Hence, experts’ advise individuals to be very careful when using credit cards. Naveen Kukreja, founder and CEO, PaisaBazaar.com, an online marketplace for credit products, says, “Of all the loan products, the credit-card loan is the most expensive when you pay the minimum and roll over credit. Even if you roll credit once, you can get caught in a vicious cycle of payments, which is fully avoidable.
Kukreja advises individuals to set up standing instructions or start an electronic clearing service to pay off the balance in full. This limits the possibility of forgetting to pay, then incurring late charges. And, if individuals are unable to arrange the funds for full payment, he advises speaking to the credit-card-issuing company and trying to convert the outstanding into an equated monthly payment (EMI).
This reduces the interest rate to 18 per cent to 20 per cent, against 30 per cent or more on rolled-over charges.

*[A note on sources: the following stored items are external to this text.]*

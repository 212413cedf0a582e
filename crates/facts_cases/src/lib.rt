// The cases by number of document 01: what they state is in specs/, and their proofs are in proofs/.
#![tactic(auto)]
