// A question of the oracle taken apart: its word, its numbers and its position (oracle/README.md). Total, and no door.
#![tactic(auto)]

ghost use Rattle.std.specs.Prelude.{◌≡◌, ◌≤◌};
ghost use Rattle.replay_question.specs.Question.{grown, with_digit, digits, negative_bits, leading_number};
ghost use Rattle.replay_question.specs.Promises.{GivesWord, GivesNumbers, GivesPosition};

use text_in::inner::{find, text_after, text_before};

// How many numbers a question has at most.
pub const NUMBERS: usize = 5;

// The largest number of 64 bits.
const LARGEST: u64 = 18446744073709551615;

// One more digit; a number that would pass 64 bits stays as it is.
fn grown(n: u64, digit: u64) -> u64
    requires { digit ≤ 9 }
    ensures { result ≡ grown n digit }
{
    if n <= (LARGEST - digit) / 10 {
        return n * 10 + digit;
    }
    n
}

fn with_digit(n: u64, b: u8) -> u64
    ensures { result ≡ with_digit n b }
{
    if b < b'0' {
        return n;
    }
    if b > b'9' {
        return n;
    }
    grown(n, (b - b'0') as u64)
}

fn digits(s: &[u8]) -> u64
    ensures { result ≡ digits 0 s.now }
{
    let mut n: u64 = 0;
    for b in s {
        n = with_digit(n, *b);
    }
    n
}

// A number below zero stands as its 64 bits.
fn turned(n: u64) -> u64
    ensures { result ≡ negative_bits n }
{
    if n == 0 {
        return 0;
    }
    LARGEST - n + 1
}

// The number that a text begins with.
fn number(s: &[u8]) -> u64
    ensures { result ≡ leading_number s.now }
{
    let n = digits(text_before(s, b' '));
    if find(s, b'-') == 0 {
        return turned(n);
    }
    n
}

// The numbers of a question, in order; where there is none, 0.
pub fn numbers(question: &[u8]) -> [u64; NUMBERS]
    ensures { GivesNumbers question.now result }
{
    let a = text_after(question, b' ');
    let b = text_after(a, b' ');
    let c = text_after(b, b' ');
    let d = text_after(c, b' ');
    let e = text_after(d, b' ');
    [number(a), number(b), number(c), number(d), number(e)]
}

// What comes before the first space.
pub fn word(question: &[u8]) -> &[u8]
    ensures { GivesWord question.now result.now }
{
    text_before(question, b' ')
}

// The part that the first slash stands in, with all that follows: a question's position, if it has one.
pub fn position(question: &[u8]) -> &[u8]
    ensures { GivesPosition question.now result.now }
{
    let mut part = question;
    for (i, b) in question.iter().enumerate() {
        if *b == b'/' {
            return part;
        }
        if *b == b' ' {
            part = &question[i + 1..];
        }
    }
    part
}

If individuals are caught deep in credit-card debt, it’s often wiser to take a personal loan and repay the former. One can get a personal loan for a short duration. Here, the interest rate works out around 14 per cent to 20 per cent. This is still cheaper than that on credit-card debt.
Credit-card companies do not convert your entire outstanding amount into an EMI. They offer EMI conversions of certain transactions only. This too, comes with a limit and is offered to people who don’t revolve payments. EMI options vary from banks to banks.
However, if individuals have investments such as fixed deposits, or others such as debt mutual funds, with returns ranging from 6 per cent to 13 per cent, it’s more sensible to break those investments and payoff credit-card dues in full. Says Kukreja of PaisaBazaar.com: “You pay over 40 per cent on credit cards, and get around 6 per cent to 13 per cent on investments. It’s, then, a no-brainer to break off investments, and pay off the debt on a credit card in full as soon as possible.”
Another thing individuals should take note of is that banks can change interest rates depending on the outstanding amount. If you have defaulted on your credit-card payment, banks could raise the interest rate on the amount. However, if you do not use the revolving-credit facility, banks will charge you a lower interest rate. But, remember, that individuals who do not revolve credit will not gain anything from a lower rate.
Says Kukreja, “Whatever the interest rate, whether 2.5 per cent or 3.5 per cent per month, it is still very, very high. Therefore, one should be absolutely careful about revolving credit dues.”
How The Credit Sours
Credit card debt is the costliest form of debt in the hands of individuals
When late payment and other fees are added, interest costs can soar up to over 60% per annum
Once you begin to rollover higher sums, it can take years together to repay the amount
No financial investment gives return of 60%, hence breaking investments to pay off dues in full is a no-brainer
How To Use Cards
Credit cards offer a 45-day repayment period, which individuals can use
Investing this float into liquid funds can provide additional returns for individuals
Cards offer reward points for purchases, etc, but some reward schemes are petty
A larger card-spend on high-end cards is rewarded with hotel vouchers, airline coupons, etc.